======== EXTRACTED RECORDS ========
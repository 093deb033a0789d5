// Why a log is not mounted.

/// Why a log is not mounted. The disk is given back.
#[derive(Drop)]
pub enum LogFault<D> {
    /// A call on the disk failed.
    Fault(D),
    /// The disk is damaged, first at this offset: it is no journal there, or a commit of the frame whose gate stands there is none or does
    /// not fit.
    Damaged(u64, D),
    /// There was no memory.
    Memory(D),
}
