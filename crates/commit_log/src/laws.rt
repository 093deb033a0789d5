// Laws of what is logged, each a function without a body of its own.
ghost use Rattle.commit_log.specs.LogLaws.{LogKeeps, LogRecovers, LoggableSoFar};

use aq_disk::Disk;
use database_recovery::contents_recover;

/// Where commits can be logged, so can those so far.
#[tactic(auto, using(crate::proofs::Loggable::loggable_so_far))]
pub fn loggable_so_far()
    ensures { LoggableSoFar }
{}

/// What a crash leaves of a log that has not failed is recovered to the commits that are on its disk.
pub fn log_recovers<D: Disk>()
    ensures { LogRecovers D.seen D.is_image D.calls }
{
    contents_recover();
}

/// A log that is left alone keeps its tables.
pub fn log_keeps<D: Disk>()
    ensures { LogKeeps D.Disk }
{
    log_recovers::<D>();
}
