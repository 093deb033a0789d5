//! The journal of a database's commits: what a crash leaves of it is recovered to a first part of them.
#![tactic(auto)]

mod anew;
mod compacting;
mod fault;
mod laws;
mod log;
mod mount;
mod read;

pub use checkpoint::CompactFault;
pub use fault::LogFault;
pub use laws::{log_keeps, log_recovers, loggable_so_far};
pub use log::CommitLog;
pub use read::read_log;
========
DESCRIPTION OF THE TASK » Once the line with "contents_recover();" is found, transcribe it and each line after it through the final line of the entries, exactly and only.

SOLUTION »
    contents_recover();
}

/// A log that is left alone keeps its tables.
pub fn log_keeps<D: Disk>()
    ensures { LogKeeps D.Disk }
{
    log_recovers::<D>();
}
repository 093deb033a0789d5
//! The journal of a database's commits: what a crash leaves of it is recovered to a first part of them.
#![tactic(auto)]

mod anew;
mod compacting;
mod fault;
mod laws;
mod log;
mod mount;
mod read;

pub use checkpoint::CompactFault;
pub use fault::LogFault;
pub use laws::{log_keeps, log_recovers, loggable_so_far};
pub use log::CommitLog;
pub use read::read_log;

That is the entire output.